- **SOURCE MATERIAL**:
--------------------------------

// A shape asked in place: the profile's arrays are lent, so that nothing is copied from one attempt to the next.
ghost use Rattle.std.specs.Prelude.{◌≡◌};
ghost use Rattle.profile.specs.Parts.{profile_in, checked_in};
ghost use Rattle.position_third_step2.specs.Shape.{is_rest_to_rest_of, shape_of};

use crate::acc0::time_acc0;
use crate::acc0_acc1::time_acc0_acc1;
use crate::acc0_acc1_vel::time_acc0_acc1_vel;
use labels::Labels;
use profile::in_place::Verdict;
use row::NUMBERS;
use step2_over_roots::RootAnswers;
use step2_over_roots::acc0_vel::time_acc0_vel;
use step2_over_roots::acc1_vel::time_acc1_vel;
use step2_quartics::Quartics;
use step2_solver::{Limits, PositionThirdOrderStep2, Shape};

fn is_rest_to_rest(shape: Shape) -> bool
    ensures { result ≡ is_rest_to_rest_of shape }
{
    matches!(shape, Shape::RestToRest)
}

// The quartics and the root answers are those of the second and third shape; the others do not look at them. The fourth
// shape and kind 08 have one arm: one call for both takes a line less time than two.
pub fn ask(
    shape: Shape,
    s: PositionThirdOrderStep2,
    l: Limits,
    q: Quartics,
    answers: RootAnswers,
    x: &mut [f64; NUMBERS],
    labels: Labels,
) -> Verdict
    ensures { checked_in x.new result
        ≡ shape_of shape s l q answers.uddu answers.udud
        (profile_in x.old labels) }
{
    match shape {
        Shape::Acc0Acc1Vel => time_acc0_acc1_vel(s, l, x, labels),
        Shape::Acc1Vel => time_acc1_vel(s, l, q, answers, x, labels),
        Shape::Acc0Vel => time_acc0_vel(s, l, q, answers, x, labels),
        Shape::Acc0 => time_acc0(s, l, x, labels),
        Shape::Acc0Acc1 | Shape::RestToRest => {
            time_acc0_acc1(is_rest_to_rest(shape), s, l, x, labels)
        }
    }
}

--------------------------------

- **WHAT IS REQUIRED**: Every entry above should be retyped exactly as shown.

- **REPLY TO THE EXERCISE**:
// A shape asked in place: the profile's arrays are lent, so that nothing is copied from one attempt to the next.
ghost use Rattle.std.specs.Prelude.{◌≡◌};
ghost use Rattle.profile.specs.Parts.{profile_in, checked_in};
ghost use Rattle.position_third_step2.specs.Shape.{is_rest_to_rest_of, shape_of};

use crate::acc0::time_acc0;
use crate::acc0_acc1::time_acc0_acc1;
use crate::acc0_acc1_vel::time_acc0_acc1_vel;
use labels::Labels;
use profile::in_place::Verdict;
use row::NUMBERS;
use step2_over_roots::RootAnswers;
use step2_over_roots::acc0_vel::time_acc0_vel;
use step2_over_roots::acc1_vel::time_acc1_vel;
use step2_quartics::Quartics;
use step2_solver::{Limits, PositionThirdOrderStep2, Shape};

fn is_rest_to_rest(shape: Shape) -> bool
    ensures { result ≡ is_rest_to_rest_of shape }
{
    matches!(shape, Shape::RestToRest)
}

// The quartics and the root answers are those of the second and third shape; the others do not look at them. The fourth
// shape and kind 08 have one arm: one call for both takes a line less time than two.
pub fn ask(
    shape: Shape,
    s: PositionThirdOrderStep2,
    l: Limits,
    q: Quartics,
    answers: RootAnswers,
    x: &mut [f64; NUMBERS],
    labels: Labels,
) -> Verdict
    ensures { checked_in x.new result
        ≡ shape_of shape s l q answers.uddu answers.udud
        (profile_in x.old labels) }
{
    match shape {
        Shape::Acc0Acc1Vel => time_acc0_acc1_vel(s, l, x, labels),
        Shape::Acc1Vel => time_acc1_vel(s, l, q, answers, x, labels),
        Shape::Acc0Vel => time_acc0_vel(s, l, q, answers, x, labels),
        Shape::Acc0 => time_acc0(s, l, x, labels),
        Shape::Acc0Acc1 | Shape::RestToRest => {
            time_acc0_acc1(is_rest_to_rest(shape), s, l, x, labels)
        }
    }
}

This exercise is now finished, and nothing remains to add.